Friday, July 29, 2016

The job growth rate for university chemistry teachers is faster than that of chemists?

A weird conundrum - the Bureau of Labor Statistics, as many of you know, issues employment projections every two years.

You know that chemist positions are expected to increase 3% between 2014 and 2024; this is well-below the 7% expected for all positions in the US labor economy.

As many of you know, chemistry professors are not included in that number for "chemists". They're defined as "chemistry teachers, postsecondary." What I did not know until yesterday: these positions are expected to increase by 15% from 2014 to 2024.

Of course, this projection cannot be taken in isolation. We do not know the projected wages for the positions, whether they are all full-time tenure-track positions at research universities (extremely unlikely) or if they're mostly adjunct positions (quite possible.) Also, these are projections - and these projections have certainly not borne out for chemists for the last 15 years.

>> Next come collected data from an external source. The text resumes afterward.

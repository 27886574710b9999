//! Reads what a command mines by: an expression, or a rule of gaps and lengths.

ghost use Rattle.std.specs.Prelude.{◌≡◌, ◌⊎◌, ◌≤◌, ◌<◌, ℕ, [], min, map, IfOk, IfErr, OnOk};
ghost use Rattle.mine_model.specs.declared.fault.Fault.{Fault};
ghost use Rattle.mine_model.specs.declared.fault.Fault.TheVariants.{NoMemory as OutOfMemory, TooManyLeaves};
ghost use Rattle.mine_model.specs.Limits.{most_leaves, most_told_leaves};
ghost use Rattle.mine_model.specs.Expression.{unfolded_leaves};
ghost use Rattle.mine_model.specs.Numbered.{tree_of};
ghost use Rattle.mine_model.specs.Refusal.{IsExpressionRefusal};
ghost use Rattle.gap_front.specs.Embedding.{IsRule, leaves_of, tree_of_rule};
ghost use Rattle.patex_parser.specs.Parsing.{use_view, IsParsed};
ghost use Rattle.command_line.specs.Commands.{source_said};
ghost use Rattle.desq_run.specs.Sources.{IsSourceRefusal};
ghost use Rattle.desq_run.specs.Inputs.{HasRanges, IsMinedBy, IsRead};

use command_line::Source;
use gap_front::{GapRule, expression};
use mine_model::Fault;
use patex_parser::{Parsed, parse};
use std::alloc::Global;

/// The most item expressions of an expression once all repetitions are written out.
const MOST_LEAVES: u64 = 1_024;

/// A greater number of them is told as this.
const MOST_TOLD_LEAVES: u64 = 1_000_000;

/// The expression that the text reads as.
fn read_expression(alloc: Global, text: &[u8]) -> Result<Parsed, Fault>
    ensures parsed { IfOk result (λ p. IsParsed text.now (tree_of p.tree) (map use_view p.uses.items)) }
    ensures accepted { OnOk result ((fault : Fault) → ¬ IsExpressionRefusal text.now fault) }
    ensures refused { IfErr result (λ fault. (fault ≡ OutOfMemory) ⊎ IsExpressionRefusal text.now fault) }
    ensures leaves { IfOk result (λ p. unfolded_leaves (tree_of p.tree) ≤ most_leaves) }
{
    Ok(parse(alloc, text)?)
}

/// The expression of the rule, which uses no name.
fn expression_of_rule(alloc: Global, rule: &GapRule) -> Result<Parsed, Fault>
    requires ranges { IsRule rule.now }
    requires order { rule.now.min_length ≤ rule.now.max_length }
    ensures tree { IfOk result (λ p. tree_of p.tree ≡ tree_of_rule rule.now) }
    ensures uses { IfOk result (λ p. p.uses.items ≡ []) }
    ensures accepted { OnOk result (leaves_of rule.now ≤ most_leaves) }
    ensures refused { IfErr result (λ fault. (fault ≡ OutOfMemory) ⊎ ((most_leaves < leaves_of rule.now)
        × (fault ≡ TooManyLeaves (min (leaves_of rule.now) most_told_leaves)))) }
    ensures leaves { IfOk result (λ p. unfolded_leaves (tree_of p.tree) ≤ most_leaves) }
{
    let leaves = rule.leaves();
    if leaves > MOST_LEAVES {
        return Err(Fault::TooManyLeaves {
            count: leaves.min(MOST_TOLD_LEAVES) as u32,
        });
    }
    Ok(Parsed {
        tree: expression(alloc, rule)?,
        uses: Vec::new(alloc),
    })
}

/// The expression of a source. It is read before a file is opened.
pub(crate) fn read_source(alloc: Global, source: &Source) -> Result<Parsed, Fault>
    requires mined { IsMinedBy (source_said source.now) }
    requires ranges { HasRanges (source_said source.now) }
    ensures read { IfOk result (λ p.
        IsRead (source_said source.now) (map use_view p.uses.items) (tree_of p.tree)) }
    ensures accepted { OnOk result ((fault : Fault) → ¬ IsSourceRefusal (source_said source.now) fault) }
    ensures refused { IfErr result (λ fault. (fault ≡ OutOfMemory)
        ⊎ IsSourceRefusal (source_said source.now) fault) }
    ensures leaves { IfOk result (λ p. unfolded_leaves (tree_of p.tree) ≤ most_leaves) }
{
    match source {
        Source::Read { expression, .. } => read_expression(alloc, expression.as_bytes()),
        Source::Embed { rule, .. } => expression_of_rule(alloc, rule),
        Source::Make { expression, .. } => read_expression(alloc, expression.as_bytes()),
        Source::Merge { .. } => unreachable!(),
    }
}
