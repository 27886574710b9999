//! How many levels the sieve is to have. No answer hangs on it.

ghost use Rattle.std.specs.Prelude.{◌≤◌, length};

use fst_compile::{Fst, State};
use mining_job::Job;

/// How many ranks a pattern may have so that two levels are enough: a third would go over whole patterns,
/// which costs as much as to count them at once.
const SHORT: u32 = 3;

/// How many levels.
pub(crate) fn depth_for(job: &Job) -> u32
    ensures { 1 ≤ result }
{
    if is_short(job.fst()) { 2 } else { 3 }
}

// Whether patterns have few ranks, as far as the states tell that write, each of which may be met once where
// no edge leads back over it.
fn is_short(fst: &Fst) -> bool {
    let mut writing: u32 = 0;
    let mut last: u32 = 0;
    for state in 1..fst.states() {
        if fst.is_captured(State(state)) {
            writing = writing.saturating_add(1);
            last = state;
        }
        if leads_back(fst, State(state), last) {
            return false;
        }
    }
    writing <= SHORT
}

// Whether an edge of the state leads back to this one or over it.
fn leads_back(fst: &Fst, state: State, to: u32) -> bool
    requires { state.0 ≤ length fst.now.labels }
{
    match fst.edges(state).first() {
        Some(edge) => edge.to.0 <= to,
        None => false,
    }
}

So - does anyone have an answer for this? I think it's quite a little puzzle. 

14 comments:

  1. I'll bet they are mostly adjunct. Not sure what the statistics for chemistry-only are, but overall adjuncts are now teaching > 76% of all college classes (US). Yet they make only ca. $1K per credit hour per semester (do I have that right?). As a result the average adjunct annual salary is $20-25K. Think about that when you go to write that check to pay for your kid's college tuition - like I am doing now. Colleges and universities are squeezing every penny they can get out the teaching staff and students/parents.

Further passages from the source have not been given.